*SOURCE INFORMATION:*

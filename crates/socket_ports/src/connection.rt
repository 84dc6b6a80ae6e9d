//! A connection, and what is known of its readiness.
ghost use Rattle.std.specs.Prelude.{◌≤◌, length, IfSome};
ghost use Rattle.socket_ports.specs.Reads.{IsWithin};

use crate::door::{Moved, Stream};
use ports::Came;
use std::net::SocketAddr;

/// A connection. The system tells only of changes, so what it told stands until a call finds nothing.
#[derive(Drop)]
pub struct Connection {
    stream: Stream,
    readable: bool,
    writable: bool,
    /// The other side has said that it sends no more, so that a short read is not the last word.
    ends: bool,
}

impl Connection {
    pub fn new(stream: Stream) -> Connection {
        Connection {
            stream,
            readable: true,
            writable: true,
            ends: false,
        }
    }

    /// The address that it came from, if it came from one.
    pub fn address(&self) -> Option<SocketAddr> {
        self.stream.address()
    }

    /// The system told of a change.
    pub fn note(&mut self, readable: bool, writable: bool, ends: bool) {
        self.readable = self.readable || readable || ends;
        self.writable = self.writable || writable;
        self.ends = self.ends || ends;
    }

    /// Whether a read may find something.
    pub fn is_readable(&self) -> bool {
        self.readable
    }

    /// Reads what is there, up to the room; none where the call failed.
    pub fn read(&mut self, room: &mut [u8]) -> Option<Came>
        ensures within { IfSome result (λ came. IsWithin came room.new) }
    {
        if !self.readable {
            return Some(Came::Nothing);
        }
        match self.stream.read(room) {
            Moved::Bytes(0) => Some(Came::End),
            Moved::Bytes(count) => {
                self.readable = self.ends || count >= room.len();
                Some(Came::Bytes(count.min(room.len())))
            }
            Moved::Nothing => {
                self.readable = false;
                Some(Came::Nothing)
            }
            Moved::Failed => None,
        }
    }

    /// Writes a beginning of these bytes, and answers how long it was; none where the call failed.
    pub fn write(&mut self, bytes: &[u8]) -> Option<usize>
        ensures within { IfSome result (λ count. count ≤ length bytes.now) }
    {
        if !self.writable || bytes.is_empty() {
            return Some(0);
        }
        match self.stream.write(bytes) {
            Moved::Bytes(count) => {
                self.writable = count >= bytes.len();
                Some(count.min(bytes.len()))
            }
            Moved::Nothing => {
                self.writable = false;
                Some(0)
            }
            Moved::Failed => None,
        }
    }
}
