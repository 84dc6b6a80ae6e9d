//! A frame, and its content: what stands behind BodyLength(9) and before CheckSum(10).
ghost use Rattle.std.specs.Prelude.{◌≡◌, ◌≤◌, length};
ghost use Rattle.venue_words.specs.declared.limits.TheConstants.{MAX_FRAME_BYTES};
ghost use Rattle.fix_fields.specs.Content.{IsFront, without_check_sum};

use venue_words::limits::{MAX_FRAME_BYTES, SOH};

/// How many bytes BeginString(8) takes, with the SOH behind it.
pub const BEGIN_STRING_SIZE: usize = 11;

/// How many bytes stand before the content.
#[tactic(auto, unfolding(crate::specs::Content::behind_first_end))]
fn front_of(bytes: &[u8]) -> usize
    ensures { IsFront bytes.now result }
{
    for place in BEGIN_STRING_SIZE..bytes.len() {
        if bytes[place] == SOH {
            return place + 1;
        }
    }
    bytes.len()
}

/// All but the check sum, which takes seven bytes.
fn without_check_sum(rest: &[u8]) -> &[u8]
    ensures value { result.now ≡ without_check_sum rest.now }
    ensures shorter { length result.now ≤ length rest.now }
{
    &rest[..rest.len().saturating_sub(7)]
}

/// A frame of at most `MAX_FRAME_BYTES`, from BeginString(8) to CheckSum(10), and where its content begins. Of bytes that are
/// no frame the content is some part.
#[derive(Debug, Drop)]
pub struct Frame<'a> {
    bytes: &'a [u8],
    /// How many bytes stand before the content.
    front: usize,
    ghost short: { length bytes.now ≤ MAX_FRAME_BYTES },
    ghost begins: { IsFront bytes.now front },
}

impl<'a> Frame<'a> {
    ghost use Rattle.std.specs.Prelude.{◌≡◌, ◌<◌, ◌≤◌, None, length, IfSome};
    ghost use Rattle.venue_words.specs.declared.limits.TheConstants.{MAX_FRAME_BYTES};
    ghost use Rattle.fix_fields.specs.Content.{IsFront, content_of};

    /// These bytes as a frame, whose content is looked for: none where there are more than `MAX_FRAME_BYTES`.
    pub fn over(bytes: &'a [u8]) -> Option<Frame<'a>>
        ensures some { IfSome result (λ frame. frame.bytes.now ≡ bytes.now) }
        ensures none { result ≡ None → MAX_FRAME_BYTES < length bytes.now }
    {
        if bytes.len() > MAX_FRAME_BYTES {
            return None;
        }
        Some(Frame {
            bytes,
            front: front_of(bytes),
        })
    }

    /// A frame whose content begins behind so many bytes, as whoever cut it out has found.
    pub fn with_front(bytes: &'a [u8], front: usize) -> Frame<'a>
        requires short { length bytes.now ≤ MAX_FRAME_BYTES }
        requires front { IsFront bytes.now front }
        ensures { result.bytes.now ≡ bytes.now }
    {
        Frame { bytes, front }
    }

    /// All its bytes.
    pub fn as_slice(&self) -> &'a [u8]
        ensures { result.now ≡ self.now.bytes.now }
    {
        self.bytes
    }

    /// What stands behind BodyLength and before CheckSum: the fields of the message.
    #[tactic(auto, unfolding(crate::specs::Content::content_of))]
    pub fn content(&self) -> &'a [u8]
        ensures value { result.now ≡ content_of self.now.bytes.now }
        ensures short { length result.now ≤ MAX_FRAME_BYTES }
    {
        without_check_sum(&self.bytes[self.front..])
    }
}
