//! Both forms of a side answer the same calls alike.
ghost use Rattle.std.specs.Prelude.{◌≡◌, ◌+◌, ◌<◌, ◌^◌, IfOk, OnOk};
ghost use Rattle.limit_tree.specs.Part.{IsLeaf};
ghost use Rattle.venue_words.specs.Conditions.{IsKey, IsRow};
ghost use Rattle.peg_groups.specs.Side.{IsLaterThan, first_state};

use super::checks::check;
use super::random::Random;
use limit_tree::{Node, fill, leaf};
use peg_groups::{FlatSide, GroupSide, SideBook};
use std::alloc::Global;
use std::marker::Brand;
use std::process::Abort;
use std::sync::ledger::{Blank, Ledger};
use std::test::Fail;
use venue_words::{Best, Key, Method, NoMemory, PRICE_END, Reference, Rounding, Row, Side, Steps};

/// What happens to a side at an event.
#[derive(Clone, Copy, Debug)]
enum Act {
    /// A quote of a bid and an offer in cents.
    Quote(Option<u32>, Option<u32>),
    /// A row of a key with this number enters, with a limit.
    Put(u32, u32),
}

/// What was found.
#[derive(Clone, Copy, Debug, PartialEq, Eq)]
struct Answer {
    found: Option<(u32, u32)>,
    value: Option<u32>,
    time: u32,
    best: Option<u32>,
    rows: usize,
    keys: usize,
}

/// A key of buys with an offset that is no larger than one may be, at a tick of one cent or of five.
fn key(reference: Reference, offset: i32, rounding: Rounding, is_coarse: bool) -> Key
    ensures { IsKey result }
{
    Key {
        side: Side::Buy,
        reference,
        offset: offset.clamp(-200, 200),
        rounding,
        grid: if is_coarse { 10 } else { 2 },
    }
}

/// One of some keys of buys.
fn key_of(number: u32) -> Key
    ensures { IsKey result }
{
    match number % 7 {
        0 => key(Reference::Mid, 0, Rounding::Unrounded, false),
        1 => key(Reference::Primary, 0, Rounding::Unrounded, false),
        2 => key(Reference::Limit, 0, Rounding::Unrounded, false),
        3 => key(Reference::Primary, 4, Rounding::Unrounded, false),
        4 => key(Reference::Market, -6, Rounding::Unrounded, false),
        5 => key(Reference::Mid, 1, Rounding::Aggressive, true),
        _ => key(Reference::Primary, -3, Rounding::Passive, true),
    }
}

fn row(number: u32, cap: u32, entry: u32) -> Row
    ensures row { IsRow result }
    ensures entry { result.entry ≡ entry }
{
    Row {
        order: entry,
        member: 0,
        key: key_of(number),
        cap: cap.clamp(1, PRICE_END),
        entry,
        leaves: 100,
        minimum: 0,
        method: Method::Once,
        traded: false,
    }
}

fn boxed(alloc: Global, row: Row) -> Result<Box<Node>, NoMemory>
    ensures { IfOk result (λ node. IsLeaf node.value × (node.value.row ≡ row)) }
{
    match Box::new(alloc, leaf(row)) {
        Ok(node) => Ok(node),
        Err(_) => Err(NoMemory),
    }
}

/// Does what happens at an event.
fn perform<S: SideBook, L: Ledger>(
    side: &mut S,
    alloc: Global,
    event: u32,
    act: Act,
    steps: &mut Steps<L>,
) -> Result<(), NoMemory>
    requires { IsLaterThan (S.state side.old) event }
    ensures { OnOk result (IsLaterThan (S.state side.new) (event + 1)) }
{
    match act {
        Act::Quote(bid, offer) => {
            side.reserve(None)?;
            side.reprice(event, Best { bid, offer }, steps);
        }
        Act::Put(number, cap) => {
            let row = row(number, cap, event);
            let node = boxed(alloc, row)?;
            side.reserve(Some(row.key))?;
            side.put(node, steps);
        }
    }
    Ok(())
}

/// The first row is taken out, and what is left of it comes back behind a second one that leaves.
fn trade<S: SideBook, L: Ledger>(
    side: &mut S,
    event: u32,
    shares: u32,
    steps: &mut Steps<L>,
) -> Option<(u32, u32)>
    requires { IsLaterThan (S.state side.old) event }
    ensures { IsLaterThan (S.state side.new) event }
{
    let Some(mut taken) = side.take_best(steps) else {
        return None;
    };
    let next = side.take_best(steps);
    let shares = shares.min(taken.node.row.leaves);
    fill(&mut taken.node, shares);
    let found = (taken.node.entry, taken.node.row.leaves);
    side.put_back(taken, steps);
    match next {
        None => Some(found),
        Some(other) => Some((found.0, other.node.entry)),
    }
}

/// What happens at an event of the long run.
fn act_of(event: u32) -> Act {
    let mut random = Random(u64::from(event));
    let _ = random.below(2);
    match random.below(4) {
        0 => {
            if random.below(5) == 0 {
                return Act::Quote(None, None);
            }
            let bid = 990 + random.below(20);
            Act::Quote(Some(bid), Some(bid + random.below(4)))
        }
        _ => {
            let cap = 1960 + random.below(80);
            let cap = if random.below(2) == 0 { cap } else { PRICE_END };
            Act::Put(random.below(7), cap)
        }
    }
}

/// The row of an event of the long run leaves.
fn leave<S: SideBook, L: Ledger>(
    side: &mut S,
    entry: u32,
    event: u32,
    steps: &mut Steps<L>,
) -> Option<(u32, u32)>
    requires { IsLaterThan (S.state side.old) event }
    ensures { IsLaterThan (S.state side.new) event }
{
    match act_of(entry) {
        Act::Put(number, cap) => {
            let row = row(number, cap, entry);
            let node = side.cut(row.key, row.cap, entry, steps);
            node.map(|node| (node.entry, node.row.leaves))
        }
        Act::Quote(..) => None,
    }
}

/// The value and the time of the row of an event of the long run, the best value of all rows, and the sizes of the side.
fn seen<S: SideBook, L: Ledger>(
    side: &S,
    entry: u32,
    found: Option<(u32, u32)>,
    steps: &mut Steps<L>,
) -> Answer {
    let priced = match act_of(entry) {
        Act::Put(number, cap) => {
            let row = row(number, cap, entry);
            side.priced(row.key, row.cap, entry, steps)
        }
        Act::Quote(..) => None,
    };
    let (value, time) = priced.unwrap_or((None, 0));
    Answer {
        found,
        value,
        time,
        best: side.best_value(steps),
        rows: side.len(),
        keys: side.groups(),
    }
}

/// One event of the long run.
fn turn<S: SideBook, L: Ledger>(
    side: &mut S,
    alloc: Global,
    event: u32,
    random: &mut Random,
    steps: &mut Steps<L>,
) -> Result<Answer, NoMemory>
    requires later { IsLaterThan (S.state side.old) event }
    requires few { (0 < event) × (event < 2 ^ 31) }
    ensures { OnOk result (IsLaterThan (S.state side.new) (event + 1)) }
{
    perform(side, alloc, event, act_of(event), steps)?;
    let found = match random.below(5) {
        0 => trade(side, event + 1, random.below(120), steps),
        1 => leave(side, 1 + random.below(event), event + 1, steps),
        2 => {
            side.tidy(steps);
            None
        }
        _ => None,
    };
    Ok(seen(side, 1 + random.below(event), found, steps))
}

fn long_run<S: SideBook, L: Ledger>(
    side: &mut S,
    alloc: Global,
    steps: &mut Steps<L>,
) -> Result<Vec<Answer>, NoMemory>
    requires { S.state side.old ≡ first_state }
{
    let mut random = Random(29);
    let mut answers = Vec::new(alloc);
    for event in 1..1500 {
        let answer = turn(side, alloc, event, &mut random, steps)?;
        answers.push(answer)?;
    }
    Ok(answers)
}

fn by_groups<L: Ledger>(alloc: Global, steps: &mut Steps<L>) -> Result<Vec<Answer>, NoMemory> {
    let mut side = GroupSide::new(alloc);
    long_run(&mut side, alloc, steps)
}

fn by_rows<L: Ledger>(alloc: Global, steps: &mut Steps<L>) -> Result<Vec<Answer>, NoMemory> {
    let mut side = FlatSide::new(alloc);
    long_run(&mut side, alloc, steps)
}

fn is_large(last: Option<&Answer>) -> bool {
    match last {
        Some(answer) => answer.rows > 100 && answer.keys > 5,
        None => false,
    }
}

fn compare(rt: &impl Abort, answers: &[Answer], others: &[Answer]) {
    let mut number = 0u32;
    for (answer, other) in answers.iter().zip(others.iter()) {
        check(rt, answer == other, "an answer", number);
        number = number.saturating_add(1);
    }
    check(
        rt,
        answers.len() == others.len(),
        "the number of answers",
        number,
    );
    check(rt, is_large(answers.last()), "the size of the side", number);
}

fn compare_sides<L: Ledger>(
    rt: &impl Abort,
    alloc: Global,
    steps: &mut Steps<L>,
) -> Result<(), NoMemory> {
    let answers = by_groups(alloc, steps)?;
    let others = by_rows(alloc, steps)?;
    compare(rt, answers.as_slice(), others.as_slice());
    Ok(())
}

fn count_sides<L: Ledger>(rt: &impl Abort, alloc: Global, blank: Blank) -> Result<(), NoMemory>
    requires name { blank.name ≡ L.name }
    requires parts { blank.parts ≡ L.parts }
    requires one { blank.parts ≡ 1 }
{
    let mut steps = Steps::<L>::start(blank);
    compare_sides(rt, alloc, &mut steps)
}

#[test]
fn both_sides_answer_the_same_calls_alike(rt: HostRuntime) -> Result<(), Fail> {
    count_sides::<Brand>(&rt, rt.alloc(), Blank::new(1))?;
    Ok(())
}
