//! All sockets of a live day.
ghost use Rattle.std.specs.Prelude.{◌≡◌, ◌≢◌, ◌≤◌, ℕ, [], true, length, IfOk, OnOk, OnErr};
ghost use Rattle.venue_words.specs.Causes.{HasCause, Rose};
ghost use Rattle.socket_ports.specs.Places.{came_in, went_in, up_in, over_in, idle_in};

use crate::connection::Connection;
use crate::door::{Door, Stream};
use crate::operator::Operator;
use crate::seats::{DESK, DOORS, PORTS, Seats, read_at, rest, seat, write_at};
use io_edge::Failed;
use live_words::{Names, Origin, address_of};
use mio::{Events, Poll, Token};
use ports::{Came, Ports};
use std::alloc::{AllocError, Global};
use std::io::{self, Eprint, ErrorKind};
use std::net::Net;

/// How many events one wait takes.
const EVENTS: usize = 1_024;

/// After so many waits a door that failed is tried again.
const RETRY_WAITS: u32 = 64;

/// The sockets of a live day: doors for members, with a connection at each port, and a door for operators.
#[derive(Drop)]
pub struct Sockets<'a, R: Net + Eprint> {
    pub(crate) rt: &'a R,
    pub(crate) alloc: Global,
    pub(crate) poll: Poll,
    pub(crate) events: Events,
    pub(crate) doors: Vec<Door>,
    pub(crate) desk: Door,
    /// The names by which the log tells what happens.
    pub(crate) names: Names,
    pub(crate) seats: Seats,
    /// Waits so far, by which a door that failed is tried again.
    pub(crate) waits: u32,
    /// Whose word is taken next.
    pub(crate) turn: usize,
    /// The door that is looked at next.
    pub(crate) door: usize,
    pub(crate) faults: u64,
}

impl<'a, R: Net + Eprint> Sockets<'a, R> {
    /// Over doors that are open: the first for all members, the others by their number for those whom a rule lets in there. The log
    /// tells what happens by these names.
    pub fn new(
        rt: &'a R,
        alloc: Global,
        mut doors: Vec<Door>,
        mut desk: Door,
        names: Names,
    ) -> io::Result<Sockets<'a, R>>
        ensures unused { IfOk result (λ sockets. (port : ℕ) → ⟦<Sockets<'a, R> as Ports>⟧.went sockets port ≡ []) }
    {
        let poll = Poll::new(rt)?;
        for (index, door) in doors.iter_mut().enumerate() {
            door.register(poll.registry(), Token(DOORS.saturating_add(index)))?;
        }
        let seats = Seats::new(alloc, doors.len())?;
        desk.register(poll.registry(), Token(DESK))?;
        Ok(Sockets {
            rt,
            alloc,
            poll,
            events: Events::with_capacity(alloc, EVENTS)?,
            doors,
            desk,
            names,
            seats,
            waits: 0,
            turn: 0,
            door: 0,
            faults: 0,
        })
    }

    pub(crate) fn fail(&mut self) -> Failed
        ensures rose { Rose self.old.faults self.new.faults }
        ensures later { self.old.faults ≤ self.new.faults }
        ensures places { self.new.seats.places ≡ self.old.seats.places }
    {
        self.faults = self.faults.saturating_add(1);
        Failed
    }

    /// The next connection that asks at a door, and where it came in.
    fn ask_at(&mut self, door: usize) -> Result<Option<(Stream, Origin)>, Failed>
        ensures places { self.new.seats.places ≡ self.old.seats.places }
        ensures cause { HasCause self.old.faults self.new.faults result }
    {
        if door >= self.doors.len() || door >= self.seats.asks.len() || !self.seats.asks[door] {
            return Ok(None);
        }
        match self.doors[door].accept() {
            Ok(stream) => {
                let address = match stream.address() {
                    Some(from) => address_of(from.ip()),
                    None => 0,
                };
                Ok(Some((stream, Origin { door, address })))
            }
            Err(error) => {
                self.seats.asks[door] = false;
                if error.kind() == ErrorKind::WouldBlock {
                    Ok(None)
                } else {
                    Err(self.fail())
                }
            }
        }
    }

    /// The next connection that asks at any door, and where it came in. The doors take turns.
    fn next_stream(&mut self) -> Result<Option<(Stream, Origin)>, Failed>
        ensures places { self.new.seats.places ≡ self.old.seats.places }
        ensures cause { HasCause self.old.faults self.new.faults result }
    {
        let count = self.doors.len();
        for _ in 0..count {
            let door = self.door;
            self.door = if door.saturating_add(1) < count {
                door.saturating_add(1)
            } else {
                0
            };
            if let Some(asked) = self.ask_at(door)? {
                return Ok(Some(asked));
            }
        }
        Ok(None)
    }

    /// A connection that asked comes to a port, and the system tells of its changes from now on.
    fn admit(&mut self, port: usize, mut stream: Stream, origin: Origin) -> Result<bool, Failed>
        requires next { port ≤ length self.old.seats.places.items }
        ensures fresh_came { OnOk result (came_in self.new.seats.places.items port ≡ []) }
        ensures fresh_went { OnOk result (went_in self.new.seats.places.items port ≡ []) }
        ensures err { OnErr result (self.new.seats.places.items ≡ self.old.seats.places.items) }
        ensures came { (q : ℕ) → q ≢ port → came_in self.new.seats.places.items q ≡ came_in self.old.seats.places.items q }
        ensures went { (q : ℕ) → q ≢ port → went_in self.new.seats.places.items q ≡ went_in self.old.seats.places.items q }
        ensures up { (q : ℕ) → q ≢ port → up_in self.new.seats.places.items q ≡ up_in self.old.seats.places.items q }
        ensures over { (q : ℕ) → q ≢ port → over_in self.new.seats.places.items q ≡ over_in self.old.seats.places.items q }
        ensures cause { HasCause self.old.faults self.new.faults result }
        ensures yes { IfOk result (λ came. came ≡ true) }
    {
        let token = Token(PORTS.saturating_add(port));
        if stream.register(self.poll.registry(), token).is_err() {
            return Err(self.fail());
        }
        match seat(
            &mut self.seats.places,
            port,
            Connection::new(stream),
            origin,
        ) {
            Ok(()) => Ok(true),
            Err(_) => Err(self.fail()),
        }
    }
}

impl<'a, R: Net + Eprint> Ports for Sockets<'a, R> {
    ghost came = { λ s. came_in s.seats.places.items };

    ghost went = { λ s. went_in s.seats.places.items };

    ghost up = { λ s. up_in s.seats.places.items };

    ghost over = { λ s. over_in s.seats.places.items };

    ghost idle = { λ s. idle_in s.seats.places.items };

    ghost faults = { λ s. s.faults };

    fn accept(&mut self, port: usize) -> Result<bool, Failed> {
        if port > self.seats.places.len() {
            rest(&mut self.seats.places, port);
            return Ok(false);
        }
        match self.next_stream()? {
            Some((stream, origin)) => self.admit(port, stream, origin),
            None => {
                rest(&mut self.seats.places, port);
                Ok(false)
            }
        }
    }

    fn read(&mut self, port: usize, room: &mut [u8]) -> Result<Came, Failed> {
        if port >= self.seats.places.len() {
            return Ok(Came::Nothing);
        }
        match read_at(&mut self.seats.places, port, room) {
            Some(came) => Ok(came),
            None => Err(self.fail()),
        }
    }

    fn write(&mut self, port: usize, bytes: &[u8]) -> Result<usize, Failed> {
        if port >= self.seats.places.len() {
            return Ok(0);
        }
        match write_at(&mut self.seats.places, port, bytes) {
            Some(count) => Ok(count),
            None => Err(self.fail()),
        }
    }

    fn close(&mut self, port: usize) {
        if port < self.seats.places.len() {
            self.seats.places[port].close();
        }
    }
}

*GOAL OF THE EXERCISE:* Up to and including the line with "pub fn read(&mut", please return the records exactly, beginning from their first line.

*TASK SOLUTION:*
filename crates/socket_ports/src/connection.rt
repository 84dc6b6a80ae6e9d
//! A connection, and what is known of its readiness.
ghost use Rattle.std.specs.Prelude.{◌≤◌, length, IfSome};
ghost use Rattle.socket_ports.specs.Reads.{IsWithin};

use crate::door::{Moved, Stream};
use ports::Came;
use std::net::SocketAddr;

/// A connection. The system tells only of changes, so what it told stands until a call finds nothing.
#[derive(Drop)]
pub struct Connection {
    stream: Stream,
    readable: bool,
    writable: bool,
    /// The other side has said that it sends no more, so that a short read is not the last word.
    ends: bool,
}

impl Connection {
    pub fn new(stream: Stream) -> Connection {
        Connection {
            stream,
            readable: true,
            writable: true,
            ends: false,
        }
    }

    /// The address that it came from, if it came from one.
    pub fn address(&self) -> Option<SocketAddr> {
        self.stream.address()
    }

    /// The system told of a change.
    pub fn note(&mut self, readable: bool, writable: bool, ends: bool) {
        self.readable = self.readable || readable || ends;
        self.writable = self.writable || writable;
        self.ends = self.ends || ends;
    }

    /// Whether a read may find something.
    pub fn is_readable(&self) -> bool {
        self.readable
    }

    /// Reads what is there, up to the room; none where the call failed.
    pub fn read(&mut self, room: &mut [u8]) -> Option<Came>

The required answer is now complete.